-- RECORDS SHOWN --
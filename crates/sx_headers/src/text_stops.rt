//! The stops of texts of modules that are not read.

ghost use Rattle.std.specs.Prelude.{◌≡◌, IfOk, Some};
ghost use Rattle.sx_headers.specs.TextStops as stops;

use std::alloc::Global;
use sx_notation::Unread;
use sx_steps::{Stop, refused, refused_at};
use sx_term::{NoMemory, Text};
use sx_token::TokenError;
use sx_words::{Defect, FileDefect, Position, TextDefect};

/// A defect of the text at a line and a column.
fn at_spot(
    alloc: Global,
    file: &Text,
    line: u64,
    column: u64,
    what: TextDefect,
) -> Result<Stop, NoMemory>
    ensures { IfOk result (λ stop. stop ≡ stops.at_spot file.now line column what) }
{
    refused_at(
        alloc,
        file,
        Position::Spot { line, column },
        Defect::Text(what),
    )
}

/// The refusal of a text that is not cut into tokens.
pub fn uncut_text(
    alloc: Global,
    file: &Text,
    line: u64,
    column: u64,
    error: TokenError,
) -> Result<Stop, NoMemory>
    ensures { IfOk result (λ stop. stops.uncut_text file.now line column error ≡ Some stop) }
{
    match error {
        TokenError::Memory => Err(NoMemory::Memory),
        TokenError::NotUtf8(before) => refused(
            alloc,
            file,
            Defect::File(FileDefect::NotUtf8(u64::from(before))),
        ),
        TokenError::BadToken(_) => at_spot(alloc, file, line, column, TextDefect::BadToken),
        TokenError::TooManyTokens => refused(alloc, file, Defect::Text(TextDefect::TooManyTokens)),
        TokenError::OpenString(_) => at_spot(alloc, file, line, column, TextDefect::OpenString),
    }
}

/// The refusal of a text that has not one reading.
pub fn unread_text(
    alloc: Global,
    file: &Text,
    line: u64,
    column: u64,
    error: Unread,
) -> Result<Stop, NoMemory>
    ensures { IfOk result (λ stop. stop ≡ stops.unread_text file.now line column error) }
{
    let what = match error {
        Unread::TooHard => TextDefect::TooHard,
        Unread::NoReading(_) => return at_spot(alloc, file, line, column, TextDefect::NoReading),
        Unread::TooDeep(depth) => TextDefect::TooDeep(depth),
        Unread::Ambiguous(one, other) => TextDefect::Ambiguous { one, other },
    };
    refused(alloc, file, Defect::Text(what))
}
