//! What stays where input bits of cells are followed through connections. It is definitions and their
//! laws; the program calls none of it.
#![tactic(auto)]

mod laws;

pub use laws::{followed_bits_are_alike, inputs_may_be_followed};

-- WHAT YOU NEED TO DO --
Would you show all lines of the material above that contain the word "Some"?

-- ANSWER TO THE PROBLEM --
ghost use Rattle.std.specs.Prelude.{◌≡◌, IfOk, Some};
    ensures { IfOk result (λ stop. stops.uncut_text file.now line column error ≡ Some stop) }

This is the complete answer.